Implications for Further Research
While psychopharmacological treatment is the most important intervention for psychosis, its effectiveness on negative symptoms is limited 6 and a considerable number of patients are therapy refractory. 7 Thus, patients may require adjunctive psychotherapeutic interventions to help them cope with symptoms that are not effectively treated with antipsychotic medication. Given the low number of available studies, definite conclusions about the effectiveness of mindfulness- and acceptance-based interventions for that end are impossible. However, in light of the preliminary evidence found in this review, further research seems warranted. Future studies should ensure rigorous methodology and reporting, mainly adequate randomization, allocation concealment, and intention-to treat analysis. 59 While blinding of participants or providers might not be possible in interventions that involve complex interactions between patients and providers and should thus not be regarded as a lack of quality of the study (while it is still a possible source of bias), adequate blinding of outcome assessors should be intended all the more in future studies. Besides comparisons with treatment as usual or attention control, head-to-head studies are needed to compare the effects of mindfulness- and acceptance-based interventions with those of more traditional approaches—eg, cognitive-behavioral interventions.

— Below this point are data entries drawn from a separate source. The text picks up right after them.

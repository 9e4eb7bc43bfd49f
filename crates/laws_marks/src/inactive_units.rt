//! The laws.
ghost use Rattle.laws_marks.specs.OwnLaws.{CallsEnd, InactiveUnitsHaveNone, OwnUnitsAreInactive, UnitsAreApart, UnitsBeginUnset, VariablesHaveTypes};

use laws_analyses::{accepted_data_stays_in_locals, jumps_stay_inside};

/// In a program that is read, variables have types, and the main program has no dummies.
pub fn variables_have_types()
    ensures { VariablesHaveTypes }
{}

/// No CALL ends by a GO TO.
pub fn calls_end()
    ensures { CallsEnd }
{
    jumps_stay_inside();
}

/// A unit of a local that is not saved, or of an expression that is an actual argument, is none of another module's variables.
pub fn units_are_apart()
    ensures { UnitsAreApart }
{}

/// It has no value where a run begins.
pub fn units_begin_unset()
    ensures { UnitsBeginUnset }
{
    accepted_data_stays_in_locals();
}

/// The units of an iteration's own that belong to CALLs, as of the body of a DO, are of expressions at CALLs of its module, or of modules that stand behind it.
pub fn own_units_are_inactive()
    ensures { OwnUnitsAreInactive }
{}

/// In every run, up to its first fault, units of modules and CALLs that are not active have no value.
pub fn inactive_units_have_none()
    ensures { InactiveUnitsHaveNone }
{
    jumps_stay_inside();
    accepted_data_stays_in_locals();
}
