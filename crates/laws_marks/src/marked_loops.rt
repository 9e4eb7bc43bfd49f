//! The laws.
ghost use Rattle.laws_marks.specs.MarkedLaws.{IterationsAreBegun, LoopsEndQuietly, DosAreQuiet, LoopsBegin, LoopsMayInterleave, LoopsHold, ReducedLoopsHold};

/// The plan of a marked DO that ends normally and takes no input is cut into the iterations of the loop.
pub fn iterations_are_begun()
    ensures { IterationsAreBegun }
{}

/// A loop that comes to an end on an input, that control does not leave and that has no input or output ends normally also without that input.
pub fn loops_end_quietly()
    ensures { LoopsEndQuietly }
{}

/// The run of the loop of a DO is such, where the DO comes to an end on that input, not by STOP, has no input or output, and no GO TO that leads out of its body and no RETURN.
pub fn dos_are_quiet()
    ensures { DosAreQuiet }
{}

/// A DO with a directive looks at units, gives its variable its first number, and then does what its loop does, or its loop with reduction variables.
pub fn loops_begin()
    ensures { LoopsBegin }
{}

/// A marked loop may be interleaved, where no two of its iterations meet in a unit that is not private, and what they read of private units they wrote before.
pub fn loops_may_interleave()
    ensures { LoopsMayInterleave }
{}

/// What is asked of a marked loop, and of what the run does after it, holds, where nothing later reads what the loop loses.
pub fn loops_hold()
    ensures { LoopsHold }
{}

/// So it is of a marked loop with reduction variables, of which each iteration has copies, where its body uses these to accumulate alone.
pub fn reduced_loops_hold()
    ensures { ReducedLoopsHold }
{}
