/// Of a logical IF whose statement has this transformer.
fn if_transformer(
    alloc: Global,
    scope: &CellScope<'_>,
    e: &Expr,
    does: &Transformer,
) -> Result<Transformer, Memory>
    requires { Fits does.now.system }
    ensures defined { IfOk result (λ t. t ≡ if_does (scope_tree scope.now.symbols.now scope.now.tracked.now) (expr_tree e.now) does.now) }
    ensures fits { IfOk result (λ t. Fits t.system) }
{
    let condition = condition_of(alloc, scope.symbols, scope.tracked, e)?;
    let before = no_rows(alloc);
    let yes = meet(alloc, &before, &condition.yes)?;
    let no = meet(alloc, &before, &condition.no)?;
    let done = where_holds(alloc, yes, does)?;
    let passed = where_holds(alloc, no, &identity_transformer(alloc))?;
    one_of(alloc, &[done, passed])
}

/// Whether the statement at a place of a list is the last one of a module's body.
fn is_last(whole: bool, list: &[Stmt], place: usize) -> bool
    requires { place < length list.now }
    ensures { result ≡ (whole && is_end (stmt_trees (drop (place + 1) list.now))) }
{
    whole && is_end(&list[place + 1..])
}

/// The transformers of the statements of a list; those and those of their parts are appended to `at`. `whole`: the list is the body of the
/// module.
#[cycle(transformers)]
#[tactic(auto, using(crate::proofs::StatementLaws::statement_calls))]
fn each_transformer(
    alloc: Global,
    known: &TransformerContext<'_>,
    list: &List<Stmt>,
    whole: bool,
    at: &mut TransformerList,
) -> Result<Vec<Transformer>, Memory>
    requires callees { CalleesFit (callees_in known.now) }
    requires results { ResultsFit at.old }
    ensures defined { IfOk result (λ ts. ts.items ≡ each_transformer_is (stmt_trees list.now) (scope_in known.now) (callees_in known.now) whole) }
    ensures fits { IfOk result (λ ts. AllFit ts.items) }
    ensures added { IfOk result (λ _. at.new ≡ at.old ++ at_list (stmt_trees list.now) (scope_in known.now) (callees_in known.now) whole) }
    ensures results_fit { IfOk result (λ _. ResultsFit at.new) }
{
    let mut all = Vec::new(alloc);
    let statements = list.as_slice();
    for (place, s) in statements.iter().enumerate() {
        let last = is_last(whole, statements, place);
        let t = stmt_transformer(alloc, known, s, last, at)?;
        push_transformer(&mut all, t)?;
    }
    Ok(all)
}

/// The transformer of a list; those of its statements and of their parts are appended to `at`. `whole`: the list is the body of the module.
/// Each list is searched for GO TOs, so a statement is visited once for each list that it is in, at any depth.
#[cycle(transformers)]
#[tactic(auto, using(crate::proofs::StatementLaws::statement_calls))]
pub fn with_list(
    alloc: Global,
    known: &TransformerContext<'_>,
    list: &List<Stmt>,
    whole: bool,
    at: &mut TransformerList,
) -> Result<Transformer, Memory>
    requires callees { CalleesFit (callees_in known.now) }
    requires results { ResultsFit at.old }
    ensures defined { IfOk result (λ t. t ≡ list_transformer_is (stmt_trees list.now) (scope_in known.now) (callees_in known.now) whole) }
    ensures fits { IfOk result (λ t. Fits t.system) }
    ensures added { IfOk result (λ _. at.new ≡ at.old ++ at_list (stmt_trees list.now) (scope_in known.now) (callees_in known.now) whole) }
    ensures results_fit { IfOk result (λ _. ResultsFit at.new) }
{
    let all = each_transformer(alloc, known, list, whole, at)?;
    list_of(alloc, list, whole, all.as_slice())
}

/// Of the labelled block IF of a DO WHILE, from the transformers of its statements, with the GO TO.
fn labelled_transformer(
    alloc: Global,
    scope: &CellScope<'_>,
    arm: &Arm,
    all: &[Transformer],
) -> Result<Transformer, Memory>
    requires { AllFit all.now }
    ensures defined { IfOk result (λ t. t ≡ labelled_does (scope_tree scope.now.symbols.now scope.now.tracked.now) (arm_while (arm_tree arm.now)) all.now) }
    ensures fits { IfOk result (λ t. Fits t.system) }
{
    let does = list_of(alloc, &arm.body, false, all)?;
    if_transformer(alloc, scope, &arm.test, &does)
}

/// The transformer of the list of a DO WHILE, of which these are the number and the arm of the labelled block IF.
#[cycle(transformers)]
#[tactic(auto, using(crate::proofs::StatementLaws::part_calls))]
fn while_transformer(
    alloc: Global,
    known: &TransformerContext<'_>,
    id: StmtId,
    arm: &Arm,
    at: &mut TransformerList,
) -> Result<Transformer, Memory>
    requires callees { CalleesFit (callees_in known.now) }
    requires results { ResultsFit at.old }
    ensures defined { IfOk result (λ t. t ≡ while_does_is (scope_in known.now) (arm_while (arm_tree arm.now)) (inner_of_arm (arm_tree arm.now) (scope_in known.now) (callees_in known.now))) }
    ensures fits { IfOk result (λ t. Fits t.system) }
    ensures added { IfOk result (λ _. at.new ≡ at.old ++ at_while id (arm_tree arm.now) (scope_in known.now) (callees_in known.now)) }
    ensures results_fit { IfOk result (λ _. ResultsFit at.new) }
{
    let place = at.len();
    push_result(at, id, identity_transformer(alloc))?;
    let all = each_transformer(alloc, known, &arm.body, false, at)?;
    let value = labelled_transformer(alloc, known.scope, arm, all.as_slice())?;
    let whole = while_does(alloc, known.scope, arm, all.as_slice())?;
    at.set(place, At { id, value });
    Ok(whole)
}

/// The transformer of the statements of an arm; those of the statements and of their parts are appended to `at`.
#[cycle(transformers)]
#[tactic(auto, using(crate::proofs::StatementLaws::part_calls))]
fn arm_list_transformer(
    alloc: Global,
    known: &TransformerContext<'_>,
    list: &List<Stmt>,
    at: &mut TransformerList,
) -> Result<Transformer, Memory>
    requires callees { CalleesFit (callees_in known.now) }
    requires results { ResultsFit at.old }
    ensures defined { IfOk result (λ t. t ≡ arm_list_transformer_is (stmt_trees list.now) (scope_in known.now) (callees_in known.now)) }
    ensures fits { IfOk result (λ t. Fits t.system) }
    ensures added { IfOk result (λ _. at.new ≡ at.old ++ at_list (stmt_trees list.now) (scope_in known.now) (callees_in known.now) false) }
    ensures results_fit { IfOk result (λ _. ResultsFit at.new) }
{
    match while_in(list) {
        None => with_list(alloc, known, list, false, at),
        Some(w) => while_transformer(alloc, known, w.id, w.arm, at),
    }
}

/// Transformers of arms, and what holds where their tests are false.
#[derive(Drop)]
struct Tried {
    all: Vec<Transformer>,
    before: System,
}

/// Of the arms of a block IF, each with the tests above it false.
#[cycle(transformers)]
#[tactic(auto, using(crate::proofs::StatementLaws::arm_calls))]
fn arm_transformers(
    alloc: Global,
    known: &TransformerContext<'_>,
    arms: &List<Arm>,
    at: &mut TransformerList,
) -> Result<Tried, Memory>
    requires callees { CalleesFit (callees_in known.now) }
    requires results { ResultsFit at.old }
    ensures defined { IfOk result (λ r. r.all.items ≡ arm_transformers_is (arm_trees arms.now) (scope_in known.now) (callees_in known.now) no_rows_is) }
    ensures before { IfOk result (λ r. r.before ≡ without_arms (arm_trees arms.now) (scope_in known.now) no_rows_is) }
    ensures fits { IfOk result (λ r. AllFit r.all.items × Fits r.before) }
    ensures added { IfOk result (λ _. at.new ≡ at.old ++ at_arms (arm_trees arms.now) (scope_in known.now) (callees_in known.now)) }
    ensures results_fit { IfOk result (λ _. ResultsFit at.new) }
{
    let scope = known.scope;
    let mut all = Vec::new(alloc);
    let mut before = no_rows(alloc);
    for arm in arms.as_slice() {
        let condition = condition_of(alloc, scope.symbols, scope.tracked, &arm.test)?;
        let body = arm_list_transformer(alloc, known, &arm.body, at)?;
        let yes = meet(alloc, &before, &condition.yes)?;
        let t = where_holds(alloc, yes, &body)?;
        push_transformer(&mut all, t)?;
        before = meet(alloc, &before, &condition.no)?;
    }
    Ok(Tried { all, before })
}

/// Of a block IF whose arms have these, and under whose ELSE, or without one, this is done.
fn choice(alloc: Global, tried: Tried, other: &Transformer) -> Result<Transformer, Memory>
    requires arms { AllFit tried.all.items × Fits tried.before }
    requires other { Fits other.now.system }
    ensures defined { IfOk result (λ t. t ≡ choice tried.all.items tried.before other.now) }
    ensures fits { IfOk result (λ t. Fits t.system) }
{
    let Tried { mut all, before } = tried;
    let t = where_holds(alloc, before, other)?;
    push_transformer(&mut all, t)?;
    one_of(alloc, all.as_slice())
}
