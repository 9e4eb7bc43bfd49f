//! What is claimed of IN and OUT regions, of the iterations of loops, and of marked loops holds in every run of the programs that are read; with their marked loops interleaved these runs do as the plain ones.
//!
//! What is claimed of programs that are read is in `specs/InAccepted.antt`, `OutAccepted.antt`, `ConflictAccepted.antt` and `Accepted.antt`; which directives are meant, in `specs/Directives.antt`.
#![tactic(auto)]

mod conflicts;
mod dead_variables;
mod inactive_units;
mod ins_hold;
mod known_loops;
mod marked_loops;
mod outs_hold;
mod reduction_variables;
mod whole_runs;

pub use conflicts::{copies_are_sole, iterations_are_parts, read_loops_hold};
pub use dead_variables::{
    copies_lie_in_own_regions, directive_names_are_copied, directive_names_stand,
    marked_loops_are_dead, marked_names_are_dead, private_units_are_dead, units_stand,
};
pub use inactive_units::{
    calls_end, inactive_units_have_none, own_units_are_inactive, units_are_apart,
    units_begin_unset, variables_have_types,
};
pub use ins_hold::read_ins_hold;
pub use known_loops::{marked_loops_are_known, marks_say_parallel};
pub use marked_loops::{
    dos_are_quiet, iterations_are_begun, loops_begin, loops_end_quietly, loops_hold,
    loops_may_interleave, reduced_loops_hold,
};
pub use outs_hold::read_outs_hold;
pub use reduction_variables::{locals_stay_apart, reductions_say, stores_stay_in_range};
pub use whole_runs::{read_marks_hold, read_runs_do_as_plain};
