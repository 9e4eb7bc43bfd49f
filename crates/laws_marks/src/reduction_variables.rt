//! The laws.
ghost use Rattle.laws_marks.specs.Known.{ReductionsSay};
ghost use Rattle.laws_marks.specs.Standings.{LocalsStayApart, StoresStayInRange};

/// A DO that nothing but its variables stands against, and that has reduction variables, has a body that control does not leave but at its end, without STOP, input and output;
/// each variable of a WRITE region of the body is the variable of the DO, or no dependence of it is kept, or iterations have copies of it, or it is one of the reduction
/// variables. Each of these is a scalar in which the body accumulates by its operator and which it does not use otherwise; no two are one, and none has copies otherwise.
pub fn reductions_say()
    ensures { ReductionsSay }
{}

/// In every run of a program that is read, up to its first fault, and at each execution in a module: no other variable of the module reaches the unit of a local that is
/// not saved and that no other one overlaps by the tables.
pub fn locals_stay_apart()
    ensures { LocalsStayApart }
{}

/// The units have numbers of 32 bits alone where an execution begins.
pub fn stores_stay_in_range()
    ensures { StoresStayInRange }
{}
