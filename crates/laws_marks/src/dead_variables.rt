//! The laws.
ghost use Rattle.laws_marks.specs.DeadLaws.{ReadCopiesLieInOwn, ReadMarkedLoopsAreDead, ReadMarksAreDead, ReadNamesStand, ReadPrivatesAreDead, ReadUnitsStand};
ghost use Rattle.laws_marks.specs.Named.{NamesAreCopied};

use crate::{iterations_are_begun, read_outs_hold};
use in_out_regions::region_translation::links_hold;
use laws_analyses::{
    accepted_data_stays_in_locals, jumps_stay_inside, names_agree, read_analyses_hold,
};

/// In every run of a program that is read, up to its first fault, and at each execution of a DO: a unit of a local, not saved, is visible, and another variable that has
/// it, of which the DO accesses something, overlaps the local by the tables.
pub fn units_stand()
    ensures { ReadUnitsStand }
{
    names_agree();
    accepted_data_stays_in_locals();
    jumps_stay_inside();
    links_hold();
}

/// In every run of a program that is read, unless a fault ends it, and at each execution of a DO: a unit of a variable whose name allows copies that the DO writes, and
/// that the rest of the run reads before it writes it, lies in an OUT region of that variable.
pub fn copies_lie_in_own_regions()
    ensures { ReadCopiesLieInOwn }
{
    units_stand();
    read_outs_hold();
}

/// So where `may_be_private` answers Yes for a variable, no unit of it that the DO writes is read by the rest of the run before it is written there.
pub fn private_units_are_dead()
    ensures { ReadPrivatesAreDead }
{
    copies_lie_in_own_regions();
    read_analyses_hold();
}

/// And so it is of the variable of a DO that is marked as parallel, and of the variables of which the mark says that each iteration has its own.
pub fn marked_names_are_dead()
    ensures { ReadMarksAreDead }
{
    units_stand();
    copies_lie_in_own_regions();
    private_units_are_dead();
}

/// In every run of a program that is read, up to its first fault, and at each execution of a DO that is marked as parallel: a unit in the place of a name of its directive
/// is that of an element of a variable of which each iteration may have its own copy and which no other overlaps, or that of the variable of the DO.
pub fn directive_names_stand()
    ensures { ReadNamesStand }
{
    units_stand();
}

/// So each unit of a name of the directive, other than that of the variable of the DO, is of such a variable in each loop to which the DO comes.
pub fn directive_names_are_copied()
    ensures { NamesAreCopied }
{}

/// And unless a fault ends the run, what comes after such a loop reads neither its variable, nor what some iteration wrote of the names of its directive, before it is
/// written again.
pub fn marked_loops_are_dead()
    ensures { ReadMarkedLoopsAreDead }
{
    directive_names_stand();
    marked_names_are_dead();
    iterations_are_begun();
}
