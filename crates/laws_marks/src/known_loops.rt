//! The laws.
ghost use Rattle.laws_marks.specs.Known.{MarksSayParallel, ReadMarkedLoopsAreKnown};

use crate::dead_variables::units_stand;
use crate::read_loops_hold;
use laws_programs::all_are_of_programs;

/// A DO that is marked as parallel has a body that control does not leave but at its end, without STOP, input and output; and each variable of a WRITE region of the body
/// is the variable of the DO, or no dependence of it is kept, or it is one of those of which the mark says that each iteration has its own.
pub fn marks_say_parallel()
    ensures { MarksSayParallel }
{}

/// In every run of a program that is read, up to its first fault, and at each execution of a DO that has a directive and comes to an end: the loop to which it comes
/// ends normally without input and output, its iterations are as the analyses claim, and each variable of a WRITE region of its body has no conflict, or each iteration has
/// its units for itself, where what it writes of the symbols of which it has copies, and of reduction variables, is of its own.
pub fn marked_loops_are_known()
    ensures { ReadMarkedLoopsAreKnown }
{
    read_loops_hold();
    units_stand();
    all_are_of_programs();
}
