//! What IN regions say of the runs of programs that are read.
ghost use Rattle.laws_marks.specs.InAccepted.{ReadInsHold};

use in_out_regions::region_translation::links_hold;
use laws_analyses::{accepted_data_stays_in_locals, jumps_stay_inside, names_agree};

/// In every run of a program that is read, up to its first fault, the IN regions that are made from its analyses, and from its READ and WRITE regions, hold of each
/// execution of a statement, or of the entry: each visible unit that is read before it is written lies in one of them, and at a normal end each element that an exact
/// one describes is in bounds, and is read before it is written.
pub fn read_ins_hold()
    ensures { ReadInsHold }
{
    names_agree();
    accepted_data_stays_in_locals();
    jumps_stay_inside();
    links_hold();
}
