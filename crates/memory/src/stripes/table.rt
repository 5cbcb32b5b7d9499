ghost use Rattle.std.specs.Prelude.{◌≡◌, ◌==◌};
ghost use Rattle.memory.specs.Views.{stripe_table, stripe_view, owner_number};
ghost use Rattle.rules.specs.Drain.{freed};
ghost use Rattle.rules.specs.Maps.{at, put, each, everywhere};
ghost use Rattle.rules.specs.Roll.{rolled_stripe};
ghost use Rattle.rules.specs.NewEngine.{new_stripe};

use super::{Stripe, Stripes};
use common::thread_id::ThreadId;
use layout::stripe_id::StripeId;
use std::ops::Index;

impl Stripe {
    // The number of its owner, 0 for none, as a lock word has it.
    pub(crate) fn owner_number(self) -> u32
        ensures { result ≡ owner_number self.owner }
    {
        self.owner.map_or(0, ThreadId::number)
    }

    // Whether this thread owns it.
    pub(crate) fn is_owned_by(self, thread: ThreadId) -> bool
        ensures { result ≡ (owner_number self.owner == thread.number) }
    {
        self.owner == Some(thread)
    }

    // Has no owner any more if this thread owns it; then a new version counts too.
    fn release(&mut self, thread: ThreadId, version: Option<u32>)
        ensures { stripe_view self.new ≡ freed thread.number version (stripe_view self.old) }
    {
        if self.is_owned_by(thread) {
            self.version = version.unwrap_or(self.version);
            self.owner = None;
        }
    }

    // Has version 0, and the owner that it had.
    fn roll(&mut self)
        ensures { stripe_view self.new ≡ rolled_stripe (stripe_view self.old) }
    {
        self.version = 0;
    }
}

// The stripe of a number.
impl Index<StripeId> for Stripes {
    type Output = Stripe;

    ghost index_gives = { λ stripes id stripe. stripe_view stripe ≡ at (stripe_table stripes.all) id.number };

    #[tactic(auto, using(crate::proofs::Tables::at_stripes))]
    fn index(&self, id: StripeId) -> &Stripe {
        &self.all[id.index()]
    }
}

impl Stripes {
    // All stripes at version 0, without owners.
    pub(crate) fn new() -> Stripes
        ensures { stripe_table result.all ≡ everywhere new_stripe }
    {
        Stripes {
            all: [Stripe {
                version: 0,
                owner: None,
            }; 64],
        }
    }

    // Puts a stripe in the place of the one of this number.
    #[tactic(auto, using(crate::proofs::Tables::put_stripes))]
    pub(crate) fn set(&mut self, stripe: StripeId, to: Stripe)
        ensures { stripe_table self.new.all ≡ put (stripe_table self.old.all) stripe.number (stripe_view to) }
    {
        self.all[stripe.index()] = to;
    }

    // Releases each stripe of this thread. This walk and the next have a line each of their own; one that took a closure
    // would have to say of every stripe what the closure left there, in more words than both.
    #[tactic(auto, using(crate::proofs::Sweeps::swept_all, crate::proofs::Tables::freed_none))]
    pub(crate) fn release(&mut self, thread: ThreadId, version: Option<u32>)
        ensures { stripe_table self.new.all ≡ each (freed thread.number version) (stripe_table self.old.all) }
    {
        for stripe in &mut self.all {
            stripe.release(thread, version);
        }
    }

    // Sets all versions to 0.
    #[tactic(auto, using(crate::proofs::Sweeps::swept_all))]
    pub(crate) fn roll(&mut self)
        ensures { stripe_table self.new.all ≡ each rolled_stripe (stripe_table self.old.all) }
    {
        for stripe in &mut self.all {
            stripe.roll();
        }
    }
}
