// Walks over trees whose shape was tested: what stands there, and the kind that splits them.
#![tactic(auto)]

ghost use Rattle.std.specs.Prelude.{◌≡◌};
ghost use Rattle.paper.specs.Field.{is_map};

use paper::Kind;

// Whether a record's members are a key and a value.
pub fn is_map(k: Kind) -> bool
    ensures { result ≡ is_map k }
{
    k == Kind::Mapping
}
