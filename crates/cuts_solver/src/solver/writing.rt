// What the solver puts out reaches the writer.
ghost use Rattle.std.specs.Prelude.{◌≡◌, [], true, false, OnOk};
ghost use Rattle.cuts_log.specs.Books.{IsBook};
ghost use Rattle.cuts_log.specs.Logs.{IsKept, SameLog, lines_seen};

use super::{CutsSolver, Written};
use cuts_log::law::texts_are_right;
use cuts_log::log::CutsLog;
use std::alloc::AllocError;
use std::io::Write;

impl<W: Write + Drop> CutsSolver<W> {
    ghost use Rattle.cuts_solver.specs.Solving.{SameSolver};
    ghost use Rattle.cuts_solver.specs.Solving.{HasWritten, HasBegunToWrite};

    /// Writes what was put out and not written: the writer has all lines so far then. It is not
    /// flushed.
    ///
    /// # Errors
    ///
    /// `AllocError` where the solver has failed, or where the writer fails.
    pub fn flush(&mut self) -> Result<(), AllocError>
        ensures whole { OnOk result (HasWritten self.old self.new.log.book.out.had) }
        ensures part { HasBegunToWrite self.old self.new.log.book.out.had }
        ensures works { OnOk result (self.new.failed ≡ false) }
        ensures log { self.new.log ≡ record self.old.log {
          book = record self.old.log.book {
            out = self.new.log.book.out;
            failed = self.new.log.book.failed;
          };
        } }
        ensures rest { self.new
            ≡ record self.old { log = self.new.log; failed = self.new.failed } }
        ensures same { SameSolver self.old self.new }
    {
        texts_are_right();
        let is_whole = flush_all(&mut self.log, self.failed);
        self.failed = !is_whole;
        if !is_whole {
            return Err(AllocError);
        }
        Ok(())
    }

    /// The writer, with all that was put out. Where that could not be written, or memory was
    /// refused before, it has a beginning of it. Its lines are right up to the last line feed.
    pub fn finish(mut self) -> Written<W>
        ensures whole { result.is_whole ≡ true → HasWritten self (W.contents result.writer) }
        ensures part { HasBegunToWrite self (W.contents result.writer) }
    {
        texts_are_right();
        let is_whole = flush_all(&mut self.log, self.failed);
        drop(self.search);
        drop(self.input);
        Written {
            writer: self.log.into_writer(),
            is_whole,
        }
    }
}

/// Writes what was put out and not written, and answers whether nothing has failed.
fn flush_all<W: Write + Drop>(log: &mut CutsLog<W>, has_failed: bool) -> bool
    ensures kept { IsKept log.new }
    ensures book { IsBook log.new.book }
    ensures lines { lines_seen log.new ≡ lines_seen log.old }
    ensures rest { log.new ≡ record log.old {
      book = record log.old.book { out = log.new.book.out; failed = log.new.book.failed };
    } }
    ensures same { SameLog log.old log.new }
    ensures works { result ≡ true → (has_failed ≡ false) × (log.new.book.failed ≡ false) }
    ensures empty { result ≡ true → log.new.book.out.held ≡ [] }
{
    let is_flushed = log.flush().is_ok();
    log.limits();
    is_flushed && !has_failed
}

Implications for Clinical Practice
While the expressiveness of the findings of this meta-analysis is somewhat limited by the small number of included RCTs, the clearly positive findings are encouraging. No intervention-related serious adverse events were reported. While single cases of psychotic relapse after unsupervised meditation practice and even meditation-induced psychosis have been reported, 60 there seems to be little risk of relapse and aggravation of psychotic symptoms in supervised mindfulness- and acceptance-based interventions. Thus both mindfulness- and acceptance-based interventions can be recommended as additional treatments for patients with psychosis but should be closely supervised by adequately trained therapists.
Conclusions
This systematic review and meta-analysis found moderate evidence for short- and long-term effects of mindfulness- and acceptance-based interventions on psychotic symptoms, hospitalization, and mindfulness in patients with psychotic disorders. Both types of interventions can be recommended as an additional treatment for patients with psychosis.
Footnotes
Acknowledgments
This review was supported by a grant from the Rut- and Klaus-Bahlsen-Foundation. The funding source had no influence on the design or conduct of the review; the collection, management, analysis, or interpretation of the data; or in the preparation, review, or approval of the manuscript.